Requirement: Say how many lines below contain the word "without". The number is the entire reply.

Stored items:
▬▬▬
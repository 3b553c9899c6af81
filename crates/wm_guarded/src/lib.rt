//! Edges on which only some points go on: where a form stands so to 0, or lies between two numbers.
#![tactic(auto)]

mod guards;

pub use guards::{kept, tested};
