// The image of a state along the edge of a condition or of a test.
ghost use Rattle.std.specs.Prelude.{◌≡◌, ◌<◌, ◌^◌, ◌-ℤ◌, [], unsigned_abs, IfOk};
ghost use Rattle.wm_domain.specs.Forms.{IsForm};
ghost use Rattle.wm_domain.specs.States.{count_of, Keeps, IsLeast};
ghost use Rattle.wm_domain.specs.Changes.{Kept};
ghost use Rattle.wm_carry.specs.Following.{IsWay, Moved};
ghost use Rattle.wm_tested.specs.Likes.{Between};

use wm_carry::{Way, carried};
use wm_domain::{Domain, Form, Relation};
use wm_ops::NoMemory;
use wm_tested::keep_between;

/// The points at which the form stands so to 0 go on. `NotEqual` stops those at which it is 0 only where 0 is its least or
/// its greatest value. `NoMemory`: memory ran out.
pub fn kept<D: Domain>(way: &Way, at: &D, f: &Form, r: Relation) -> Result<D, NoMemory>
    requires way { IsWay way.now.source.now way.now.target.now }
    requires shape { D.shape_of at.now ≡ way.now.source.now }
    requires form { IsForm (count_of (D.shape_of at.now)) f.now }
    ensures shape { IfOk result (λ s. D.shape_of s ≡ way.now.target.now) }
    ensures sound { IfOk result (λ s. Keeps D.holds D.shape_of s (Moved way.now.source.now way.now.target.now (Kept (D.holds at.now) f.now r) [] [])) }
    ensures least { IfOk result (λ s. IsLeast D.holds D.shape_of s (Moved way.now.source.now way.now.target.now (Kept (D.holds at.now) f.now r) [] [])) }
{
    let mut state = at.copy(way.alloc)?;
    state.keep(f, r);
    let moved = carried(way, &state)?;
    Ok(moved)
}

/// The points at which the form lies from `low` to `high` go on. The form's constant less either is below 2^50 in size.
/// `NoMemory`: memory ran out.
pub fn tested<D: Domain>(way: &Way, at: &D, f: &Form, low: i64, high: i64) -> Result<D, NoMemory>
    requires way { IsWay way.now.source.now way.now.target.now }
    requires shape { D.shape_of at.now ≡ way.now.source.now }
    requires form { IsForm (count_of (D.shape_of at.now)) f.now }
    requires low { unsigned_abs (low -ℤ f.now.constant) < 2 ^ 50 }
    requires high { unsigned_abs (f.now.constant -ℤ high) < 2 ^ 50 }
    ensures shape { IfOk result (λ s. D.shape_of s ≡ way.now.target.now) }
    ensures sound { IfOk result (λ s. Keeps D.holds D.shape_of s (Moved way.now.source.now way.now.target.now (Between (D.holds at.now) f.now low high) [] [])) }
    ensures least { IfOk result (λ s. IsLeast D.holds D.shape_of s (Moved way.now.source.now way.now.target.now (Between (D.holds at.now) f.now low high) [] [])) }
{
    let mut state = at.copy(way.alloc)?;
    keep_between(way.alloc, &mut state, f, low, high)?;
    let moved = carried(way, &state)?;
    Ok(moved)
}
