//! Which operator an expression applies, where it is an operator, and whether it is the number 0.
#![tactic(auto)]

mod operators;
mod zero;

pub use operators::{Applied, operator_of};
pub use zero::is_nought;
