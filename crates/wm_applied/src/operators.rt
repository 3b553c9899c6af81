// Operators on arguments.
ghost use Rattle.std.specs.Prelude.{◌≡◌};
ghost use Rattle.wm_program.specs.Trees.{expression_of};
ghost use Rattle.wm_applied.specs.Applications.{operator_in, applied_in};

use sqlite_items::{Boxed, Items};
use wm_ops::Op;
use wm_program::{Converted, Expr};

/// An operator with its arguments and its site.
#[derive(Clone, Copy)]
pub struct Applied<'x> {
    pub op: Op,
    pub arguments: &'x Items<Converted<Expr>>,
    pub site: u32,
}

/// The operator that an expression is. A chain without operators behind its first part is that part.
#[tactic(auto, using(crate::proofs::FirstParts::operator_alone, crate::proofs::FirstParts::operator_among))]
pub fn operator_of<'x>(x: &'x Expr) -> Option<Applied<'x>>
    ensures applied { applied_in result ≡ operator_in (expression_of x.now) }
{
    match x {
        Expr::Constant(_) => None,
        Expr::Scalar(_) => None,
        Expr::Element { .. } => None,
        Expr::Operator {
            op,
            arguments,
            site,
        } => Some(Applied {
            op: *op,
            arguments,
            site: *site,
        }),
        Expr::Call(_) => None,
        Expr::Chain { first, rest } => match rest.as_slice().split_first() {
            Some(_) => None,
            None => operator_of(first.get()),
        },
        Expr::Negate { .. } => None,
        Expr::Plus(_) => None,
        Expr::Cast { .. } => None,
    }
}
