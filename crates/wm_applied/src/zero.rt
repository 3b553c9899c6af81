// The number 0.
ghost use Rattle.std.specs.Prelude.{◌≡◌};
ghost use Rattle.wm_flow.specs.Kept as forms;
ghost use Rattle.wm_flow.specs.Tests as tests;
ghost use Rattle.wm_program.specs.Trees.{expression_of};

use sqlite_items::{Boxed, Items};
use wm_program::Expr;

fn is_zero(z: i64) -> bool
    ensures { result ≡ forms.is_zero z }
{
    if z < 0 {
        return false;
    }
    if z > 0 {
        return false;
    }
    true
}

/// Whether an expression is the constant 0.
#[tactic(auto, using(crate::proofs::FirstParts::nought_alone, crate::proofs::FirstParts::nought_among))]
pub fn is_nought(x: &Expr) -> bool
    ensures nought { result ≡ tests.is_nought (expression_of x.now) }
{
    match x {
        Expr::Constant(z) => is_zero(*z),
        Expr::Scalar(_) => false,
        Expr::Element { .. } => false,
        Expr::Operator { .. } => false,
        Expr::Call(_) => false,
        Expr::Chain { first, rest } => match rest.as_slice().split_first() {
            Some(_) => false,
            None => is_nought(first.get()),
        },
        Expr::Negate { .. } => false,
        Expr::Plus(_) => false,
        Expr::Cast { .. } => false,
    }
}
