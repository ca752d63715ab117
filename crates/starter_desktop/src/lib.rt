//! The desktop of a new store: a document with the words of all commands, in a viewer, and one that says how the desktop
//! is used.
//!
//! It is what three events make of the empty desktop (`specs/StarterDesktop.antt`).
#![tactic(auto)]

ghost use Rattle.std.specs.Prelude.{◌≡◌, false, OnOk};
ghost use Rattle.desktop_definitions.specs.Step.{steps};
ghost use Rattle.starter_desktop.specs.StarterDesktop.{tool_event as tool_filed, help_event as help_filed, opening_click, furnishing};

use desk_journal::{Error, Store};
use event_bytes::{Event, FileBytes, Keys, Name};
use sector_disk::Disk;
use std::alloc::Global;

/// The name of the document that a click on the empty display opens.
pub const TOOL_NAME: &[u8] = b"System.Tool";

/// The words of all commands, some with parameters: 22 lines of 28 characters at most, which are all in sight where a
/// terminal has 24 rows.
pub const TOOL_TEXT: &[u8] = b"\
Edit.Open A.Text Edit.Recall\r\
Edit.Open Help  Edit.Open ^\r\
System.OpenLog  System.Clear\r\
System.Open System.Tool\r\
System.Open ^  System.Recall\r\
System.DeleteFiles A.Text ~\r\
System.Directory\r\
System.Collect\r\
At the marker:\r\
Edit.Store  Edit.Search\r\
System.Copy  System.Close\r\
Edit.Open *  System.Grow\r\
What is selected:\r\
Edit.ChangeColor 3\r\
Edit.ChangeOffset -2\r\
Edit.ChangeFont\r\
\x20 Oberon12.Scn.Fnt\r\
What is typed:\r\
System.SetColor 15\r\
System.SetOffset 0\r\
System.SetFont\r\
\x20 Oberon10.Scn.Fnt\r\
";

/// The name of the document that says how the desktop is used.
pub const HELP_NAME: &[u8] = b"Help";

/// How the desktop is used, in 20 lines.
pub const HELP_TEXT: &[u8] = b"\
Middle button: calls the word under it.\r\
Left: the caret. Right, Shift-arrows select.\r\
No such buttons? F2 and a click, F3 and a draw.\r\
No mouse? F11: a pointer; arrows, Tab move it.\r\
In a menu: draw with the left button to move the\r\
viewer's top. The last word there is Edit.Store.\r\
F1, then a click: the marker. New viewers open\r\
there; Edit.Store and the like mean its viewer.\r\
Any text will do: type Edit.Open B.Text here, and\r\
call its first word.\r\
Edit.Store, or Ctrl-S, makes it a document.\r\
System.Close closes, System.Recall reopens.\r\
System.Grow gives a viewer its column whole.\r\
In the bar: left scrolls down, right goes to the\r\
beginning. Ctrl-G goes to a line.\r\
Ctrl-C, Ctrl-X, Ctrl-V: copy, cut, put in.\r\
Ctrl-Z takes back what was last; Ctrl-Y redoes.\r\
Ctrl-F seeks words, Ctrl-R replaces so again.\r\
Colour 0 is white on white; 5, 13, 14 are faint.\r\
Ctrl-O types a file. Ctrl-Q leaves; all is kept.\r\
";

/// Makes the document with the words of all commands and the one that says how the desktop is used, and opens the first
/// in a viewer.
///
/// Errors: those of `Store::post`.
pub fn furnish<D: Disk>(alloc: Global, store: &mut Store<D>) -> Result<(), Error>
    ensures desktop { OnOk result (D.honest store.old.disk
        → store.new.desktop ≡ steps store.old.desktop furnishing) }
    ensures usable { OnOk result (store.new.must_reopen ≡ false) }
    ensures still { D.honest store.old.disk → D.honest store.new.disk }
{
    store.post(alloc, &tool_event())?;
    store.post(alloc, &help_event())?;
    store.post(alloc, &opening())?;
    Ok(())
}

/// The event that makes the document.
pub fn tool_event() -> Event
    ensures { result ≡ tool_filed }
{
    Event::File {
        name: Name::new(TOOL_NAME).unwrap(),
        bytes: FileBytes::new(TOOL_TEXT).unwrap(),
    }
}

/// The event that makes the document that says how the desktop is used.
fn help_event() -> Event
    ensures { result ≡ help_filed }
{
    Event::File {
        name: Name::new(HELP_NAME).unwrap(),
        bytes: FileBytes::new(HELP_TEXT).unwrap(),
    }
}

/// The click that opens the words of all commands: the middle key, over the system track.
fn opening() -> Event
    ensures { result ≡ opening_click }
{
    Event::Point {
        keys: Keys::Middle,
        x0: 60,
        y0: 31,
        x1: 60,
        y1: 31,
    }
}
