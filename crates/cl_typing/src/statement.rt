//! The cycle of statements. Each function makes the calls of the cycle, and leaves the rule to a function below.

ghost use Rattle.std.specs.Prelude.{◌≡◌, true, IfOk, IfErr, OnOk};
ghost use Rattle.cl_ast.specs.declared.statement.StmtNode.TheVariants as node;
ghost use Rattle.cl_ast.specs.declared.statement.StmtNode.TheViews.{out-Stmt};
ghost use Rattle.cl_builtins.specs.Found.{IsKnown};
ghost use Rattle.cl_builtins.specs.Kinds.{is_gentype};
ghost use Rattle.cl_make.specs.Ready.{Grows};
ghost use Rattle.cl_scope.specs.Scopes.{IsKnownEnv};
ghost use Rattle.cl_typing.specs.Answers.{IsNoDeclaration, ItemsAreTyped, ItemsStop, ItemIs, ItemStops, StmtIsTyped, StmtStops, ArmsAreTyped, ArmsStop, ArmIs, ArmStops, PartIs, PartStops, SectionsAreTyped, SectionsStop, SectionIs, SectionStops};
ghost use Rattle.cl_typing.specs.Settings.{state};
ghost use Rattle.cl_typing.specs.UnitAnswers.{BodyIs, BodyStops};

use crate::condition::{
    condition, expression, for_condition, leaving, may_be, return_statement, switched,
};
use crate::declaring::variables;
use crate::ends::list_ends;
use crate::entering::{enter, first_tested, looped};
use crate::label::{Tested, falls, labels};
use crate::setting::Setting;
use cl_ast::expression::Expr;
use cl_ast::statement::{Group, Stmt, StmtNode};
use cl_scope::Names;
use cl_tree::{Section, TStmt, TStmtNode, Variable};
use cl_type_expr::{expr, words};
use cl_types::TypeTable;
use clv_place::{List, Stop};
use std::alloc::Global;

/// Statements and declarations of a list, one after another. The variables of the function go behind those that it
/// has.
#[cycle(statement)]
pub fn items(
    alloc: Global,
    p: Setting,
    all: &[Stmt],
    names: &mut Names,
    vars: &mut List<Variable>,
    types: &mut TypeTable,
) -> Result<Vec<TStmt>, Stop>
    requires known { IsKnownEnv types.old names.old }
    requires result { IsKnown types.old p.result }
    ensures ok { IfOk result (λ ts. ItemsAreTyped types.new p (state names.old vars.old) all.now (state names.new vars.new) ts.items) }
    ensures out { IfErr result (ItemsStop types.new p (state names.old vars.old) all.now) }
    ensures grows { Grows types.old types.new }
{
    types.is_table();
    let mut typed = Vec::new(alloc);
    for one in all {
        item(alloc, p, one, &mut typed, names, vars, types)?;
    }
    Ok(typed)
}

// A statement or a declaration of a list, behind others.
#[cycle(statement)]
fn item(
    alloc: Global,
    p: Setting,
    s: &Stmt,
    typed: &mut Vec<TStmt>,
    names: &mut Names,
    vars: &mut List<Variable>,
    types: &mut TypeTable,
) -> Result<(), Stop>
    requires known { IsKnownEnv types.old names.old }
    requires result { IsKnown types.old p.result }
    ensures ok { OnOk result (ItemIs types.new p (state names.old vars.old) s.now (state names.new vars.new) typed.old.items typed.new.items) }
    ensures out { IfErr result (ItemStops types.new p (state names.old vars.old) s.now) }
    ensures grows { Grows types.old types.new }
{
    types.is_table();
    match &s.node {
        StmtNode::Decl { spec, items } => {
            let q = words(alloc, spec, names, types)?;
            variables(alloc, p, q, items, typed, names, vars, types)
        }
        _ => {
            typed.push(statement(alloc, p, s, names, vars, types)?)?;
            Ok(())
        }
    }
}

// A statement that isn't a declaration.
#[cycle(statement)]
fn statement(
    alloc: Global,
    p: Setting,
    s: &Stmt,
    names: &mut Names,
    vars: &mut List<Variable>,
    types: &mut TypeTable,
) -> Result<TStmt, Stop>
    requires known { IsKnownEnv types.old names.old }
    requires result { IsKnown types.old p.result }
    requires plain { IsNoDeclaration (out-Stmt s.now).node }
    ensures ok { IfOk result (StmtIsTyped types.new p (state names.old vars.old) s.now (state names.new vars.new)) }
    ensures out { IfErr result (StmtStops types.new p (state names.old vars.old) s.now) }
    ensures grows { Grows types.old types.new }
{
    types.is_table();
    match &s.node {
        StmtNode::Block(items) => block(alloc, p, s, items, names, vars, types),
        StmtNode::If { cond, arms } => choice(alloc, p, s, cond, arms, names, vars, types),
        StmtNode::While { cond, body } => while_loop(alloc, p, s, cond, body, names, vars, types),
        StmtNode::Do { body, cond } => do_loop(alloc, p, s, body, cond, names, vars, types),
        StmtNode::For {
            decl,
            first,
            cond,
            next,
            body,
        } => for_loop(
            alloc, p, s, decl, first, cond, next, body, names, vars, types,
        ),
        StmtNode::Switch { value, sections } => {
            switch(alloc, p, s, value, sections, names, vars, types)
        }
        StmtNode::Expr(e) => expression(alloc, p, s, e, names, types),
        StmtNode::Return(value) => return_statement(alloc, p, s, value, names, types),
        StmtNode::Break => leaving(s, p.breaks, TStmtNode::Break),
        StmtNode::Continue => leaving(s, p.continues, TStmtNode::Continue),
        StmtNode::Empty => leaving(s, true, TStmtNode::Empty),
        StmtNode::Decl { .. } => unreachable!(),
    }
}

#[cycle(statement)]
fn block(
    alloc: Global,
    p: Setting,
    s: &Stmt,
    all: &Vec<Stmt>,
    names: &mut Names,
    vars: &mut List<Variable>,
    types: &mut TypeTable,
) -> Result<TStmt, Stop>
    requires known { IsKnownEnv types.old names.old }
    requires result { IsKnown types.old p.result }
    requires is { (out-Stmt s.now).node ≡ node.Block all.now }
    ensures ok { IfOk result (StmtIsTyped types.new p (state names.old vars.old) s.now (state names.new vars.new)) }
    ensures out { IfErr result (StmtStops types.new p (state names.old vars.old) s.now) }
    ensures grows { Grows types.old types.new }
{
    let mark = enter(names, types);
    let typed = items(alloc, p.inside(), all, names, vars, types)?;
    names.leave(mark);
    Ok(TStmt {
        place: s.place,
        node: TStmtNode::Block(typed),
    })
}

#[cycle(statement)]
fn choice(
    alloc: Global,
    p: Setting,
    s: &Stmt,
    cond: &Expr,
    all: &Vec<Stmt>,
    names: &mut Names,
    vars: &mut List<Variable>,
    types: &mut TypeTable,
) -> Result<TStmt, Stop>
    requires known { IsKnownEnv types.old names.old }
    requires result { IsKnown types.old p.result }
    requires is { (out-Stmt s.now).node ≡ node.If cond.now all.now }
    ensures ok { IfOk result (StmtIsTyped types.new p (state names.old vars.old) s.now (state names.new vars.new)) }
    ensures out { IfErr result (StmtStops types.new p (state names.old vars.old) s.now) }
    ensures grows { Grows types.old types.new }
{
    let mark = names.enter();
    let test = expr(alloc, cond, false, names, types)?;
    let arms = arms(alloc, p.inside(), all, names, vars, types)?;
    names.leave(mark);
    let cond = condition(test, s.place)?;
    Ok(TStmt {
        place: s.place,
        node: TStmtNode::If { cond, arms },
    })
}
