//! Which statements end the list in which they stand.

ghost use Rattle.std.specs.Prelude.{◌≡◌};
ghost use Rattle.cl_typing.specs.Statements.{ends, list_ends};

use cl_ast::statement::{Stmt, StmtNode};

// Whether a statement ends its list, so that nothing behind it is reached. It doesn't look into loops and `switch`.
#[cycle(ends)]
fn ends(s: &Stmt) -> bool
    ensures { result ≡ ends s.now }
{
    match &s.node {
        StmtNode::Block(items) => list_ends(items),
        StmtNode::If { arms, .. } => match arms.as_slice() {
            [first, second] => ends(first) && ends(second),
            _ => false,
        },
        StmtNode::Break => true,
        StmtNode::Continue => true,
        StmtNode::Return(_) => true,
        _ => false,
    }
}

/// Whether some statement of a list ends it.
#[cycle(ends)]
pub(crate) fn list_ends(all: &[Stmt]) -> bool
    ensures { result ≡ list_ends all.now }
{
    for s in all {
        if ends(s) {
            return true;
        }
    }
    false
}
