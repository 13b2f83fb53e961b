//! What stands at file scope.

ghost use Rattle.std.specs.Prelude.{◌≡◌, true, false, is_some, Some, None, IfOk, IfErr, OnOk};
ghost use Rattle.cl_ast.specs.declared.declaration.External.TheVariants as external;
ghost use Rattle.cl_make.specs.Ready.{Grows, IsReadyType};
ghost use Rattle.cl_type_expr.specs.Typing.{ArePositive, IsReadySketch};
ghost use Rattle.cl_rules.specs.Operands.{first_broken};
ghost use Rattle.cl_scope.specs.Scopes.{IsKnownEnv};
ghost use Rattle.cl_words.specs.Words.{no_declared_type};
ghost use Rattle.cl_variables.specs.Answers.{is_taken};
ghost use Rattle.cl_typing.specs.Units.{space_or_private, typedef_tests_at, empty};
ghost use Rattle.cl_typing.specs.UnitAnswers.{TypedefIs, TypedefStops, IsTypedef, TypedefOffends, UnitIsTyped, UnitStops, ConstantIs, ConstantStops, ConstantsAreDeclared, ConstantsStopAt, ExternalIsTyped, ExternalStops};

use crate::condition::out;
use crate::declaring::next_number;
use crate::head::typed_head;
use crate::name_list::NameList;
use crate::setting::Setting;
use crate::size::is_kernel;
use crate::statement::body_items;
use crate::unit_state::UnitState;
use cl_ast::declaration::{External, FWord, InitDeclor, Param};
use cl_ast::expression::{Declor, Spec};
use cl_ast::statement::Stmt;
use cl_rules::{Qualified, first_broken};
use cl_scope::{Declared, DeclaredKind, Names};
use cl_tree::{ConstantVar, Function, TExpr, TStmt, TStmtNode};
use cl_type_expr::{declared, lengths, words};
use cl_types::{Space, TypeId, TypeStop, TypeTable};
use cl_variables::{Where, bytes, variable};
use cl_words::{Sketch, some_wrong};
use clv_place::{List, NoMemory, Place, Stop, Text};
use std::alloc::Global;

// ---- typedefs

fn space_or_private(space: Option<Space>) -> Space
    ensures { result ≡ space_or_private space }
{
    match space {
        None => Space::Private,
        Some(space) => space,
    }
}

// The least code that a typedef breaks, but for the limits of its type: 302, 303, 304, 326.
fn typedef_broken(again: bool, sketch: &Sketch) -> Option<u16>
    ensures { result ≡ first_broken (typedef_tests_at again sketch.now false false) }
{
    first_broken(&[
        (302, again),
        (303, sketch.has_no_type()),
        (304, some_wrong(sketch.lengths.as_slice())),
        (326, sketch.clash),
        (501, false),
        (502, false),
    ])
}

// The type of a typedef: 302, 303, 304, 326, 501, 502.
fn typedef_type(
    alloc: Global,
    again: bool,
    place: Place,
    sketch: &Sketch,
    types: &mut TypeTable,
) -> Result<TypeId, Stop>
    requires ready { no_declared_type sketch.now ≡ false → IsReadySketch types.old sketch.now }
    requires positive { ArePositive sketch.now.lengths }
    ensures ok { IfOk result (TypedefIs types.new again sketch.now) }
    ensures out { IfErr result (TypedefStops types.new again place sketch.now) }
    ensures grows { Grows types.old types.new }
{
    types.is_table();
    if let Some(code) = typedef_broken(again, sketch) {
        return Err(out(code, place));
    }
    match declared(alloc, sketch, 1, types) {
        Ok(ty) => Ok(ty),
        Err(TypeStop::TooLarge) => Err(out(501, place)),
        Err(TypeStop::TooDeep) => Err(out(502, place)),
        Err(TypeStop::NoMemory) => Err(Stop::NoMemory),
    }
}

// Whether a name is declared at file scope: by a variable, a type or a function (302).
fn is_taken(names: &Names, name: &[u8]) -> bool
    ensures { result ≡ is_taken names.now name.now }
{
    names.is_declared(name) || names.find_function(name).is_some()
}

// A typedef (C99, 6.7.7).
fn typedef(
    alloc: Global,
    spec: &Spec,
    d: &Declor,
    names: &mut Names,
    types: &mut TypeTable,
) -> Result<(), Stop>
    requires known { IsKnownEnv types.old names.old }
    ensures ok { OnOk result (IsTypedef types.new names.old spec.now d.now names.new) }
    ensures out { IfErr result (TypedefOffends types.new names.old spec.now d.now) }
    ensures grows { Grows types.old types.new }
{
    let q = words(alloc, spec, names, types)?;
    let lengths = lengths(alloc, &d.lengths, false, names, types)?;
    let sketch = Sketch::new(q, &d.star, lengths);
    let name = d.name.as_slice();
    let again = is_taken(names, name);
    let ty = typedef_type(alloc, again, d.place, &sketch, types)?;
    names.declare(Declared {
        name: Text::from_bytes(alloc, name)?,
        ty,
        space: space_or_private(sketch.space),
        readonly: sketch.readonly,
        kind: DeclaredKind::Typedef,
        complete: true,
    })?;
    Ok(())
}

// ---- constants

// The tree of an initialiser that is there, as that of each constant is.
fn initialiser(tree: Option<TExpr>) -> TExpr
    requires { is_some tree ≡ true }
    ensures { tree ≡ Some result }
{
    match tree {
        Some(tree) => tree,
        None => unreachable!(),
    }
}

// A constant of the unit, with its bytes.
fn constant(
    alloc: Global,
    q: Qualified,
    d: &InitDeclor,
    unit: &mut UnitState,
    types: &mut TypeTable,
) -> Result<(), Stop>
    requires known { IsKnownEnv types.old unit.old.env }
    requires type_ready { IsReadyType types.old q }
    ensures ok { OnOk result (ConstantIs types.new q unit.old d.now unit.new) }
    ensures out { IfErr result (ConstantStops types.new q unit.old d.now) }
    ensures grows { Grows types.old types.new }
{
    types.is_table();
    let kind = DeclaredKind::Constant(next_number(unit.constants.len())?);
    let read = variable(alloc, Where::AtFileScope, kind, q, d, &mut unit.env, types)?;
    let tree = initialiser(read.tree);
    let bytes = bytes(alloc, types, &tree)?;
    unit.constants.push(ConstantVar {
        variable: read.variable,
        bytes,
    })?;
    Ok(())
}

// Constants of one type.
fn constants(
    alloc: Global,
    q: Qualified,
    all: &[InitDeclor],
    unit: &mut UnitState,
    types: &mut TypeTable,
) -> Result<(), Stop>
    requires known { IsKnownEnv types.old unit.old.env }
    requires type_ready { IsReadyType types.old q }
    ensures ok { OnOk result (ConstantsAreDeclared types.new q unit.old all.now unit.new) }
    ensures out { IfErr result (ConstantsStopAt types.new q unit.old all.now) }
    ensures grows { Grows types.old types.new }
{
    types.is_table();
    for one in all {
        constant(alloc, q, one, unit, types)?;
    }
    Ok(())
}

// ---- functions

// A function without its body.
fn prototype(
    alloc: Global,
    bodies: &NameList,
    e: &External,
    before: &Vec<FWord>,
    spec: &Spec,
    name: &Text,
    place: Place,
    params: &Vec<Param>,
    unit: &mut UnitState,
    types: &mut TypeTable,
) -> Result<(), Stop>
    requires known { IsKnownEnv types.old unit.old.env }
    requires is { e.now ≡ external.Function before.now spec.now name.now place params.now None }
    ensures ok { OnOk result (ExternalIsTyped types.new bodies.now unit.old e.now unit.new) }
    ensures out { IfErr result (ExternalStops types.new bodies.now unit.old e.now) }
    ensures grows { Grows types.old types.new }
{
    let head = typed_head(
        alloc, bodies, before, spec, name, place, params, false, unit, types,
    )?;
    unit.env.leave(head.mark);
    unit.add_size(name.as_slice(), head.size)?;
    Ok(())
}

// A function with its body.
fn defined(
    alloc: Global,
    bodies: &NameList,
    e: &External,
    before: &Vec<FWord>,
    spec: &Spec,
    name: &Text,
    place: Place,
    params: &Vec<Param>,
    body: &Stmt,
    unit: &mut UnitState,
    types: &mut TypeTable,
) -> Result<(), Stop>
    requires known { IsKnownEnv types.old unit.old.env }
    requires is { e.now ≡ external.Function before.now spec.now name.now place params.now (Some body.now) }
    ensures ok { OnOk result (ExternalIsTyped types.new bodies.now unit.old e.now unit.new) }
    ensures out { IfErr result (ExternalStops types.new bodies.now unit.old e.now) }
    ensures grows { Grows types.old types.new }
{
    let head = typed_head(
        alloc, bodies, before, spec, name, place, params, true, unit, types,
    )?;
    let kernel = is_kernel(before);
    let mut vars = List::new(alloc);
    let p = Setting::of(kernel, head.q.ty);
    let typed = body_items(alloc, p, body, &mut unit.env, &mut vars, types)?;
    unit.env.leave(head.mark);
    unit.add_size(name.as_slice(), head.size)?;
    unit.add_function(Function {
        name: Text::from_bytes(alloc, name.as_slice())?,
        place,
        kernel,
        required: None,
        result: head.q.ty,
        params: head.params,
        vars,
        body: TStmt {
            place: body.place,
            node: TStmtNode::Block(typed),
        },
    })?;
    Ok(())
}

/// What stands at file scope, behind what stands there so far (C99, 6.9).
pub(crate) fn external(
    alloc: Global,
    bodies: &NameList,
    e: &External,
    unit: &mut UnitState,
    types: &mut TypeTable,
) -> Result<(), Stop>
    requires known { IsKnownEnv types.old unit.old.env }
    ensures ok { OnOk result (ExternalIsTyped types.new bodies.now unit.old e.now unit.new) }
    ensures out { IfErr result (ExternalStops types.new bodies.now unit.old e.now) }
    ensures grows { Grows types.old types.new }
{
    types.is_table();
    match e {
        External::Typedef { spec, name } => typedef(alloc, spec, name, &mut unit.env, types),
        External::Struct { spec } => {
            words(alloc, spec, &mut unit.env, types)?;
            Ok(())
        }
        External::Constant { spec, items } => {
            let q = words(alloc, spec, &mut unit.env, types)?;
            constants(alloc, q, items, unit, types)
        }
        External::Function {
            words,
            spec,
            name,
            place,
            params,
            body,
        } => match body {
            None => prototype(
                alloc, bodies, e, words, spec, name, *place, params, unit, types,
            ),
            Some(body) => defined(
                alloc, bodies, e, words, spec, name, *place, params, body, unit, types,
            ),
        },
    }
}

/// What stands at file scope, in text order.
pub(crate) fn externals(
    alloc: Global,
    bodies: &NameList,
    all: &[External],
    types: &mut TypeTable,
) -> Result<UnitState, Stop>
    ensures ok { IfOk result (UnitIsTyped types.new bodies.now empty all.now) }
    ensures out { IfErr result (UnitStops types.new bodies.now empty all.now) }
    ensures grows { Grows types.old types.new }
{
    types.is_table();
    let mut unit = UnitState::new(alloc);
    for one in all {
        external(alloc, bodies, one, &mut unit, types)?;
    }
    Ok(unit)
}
▬▬▬
Expected answer: 2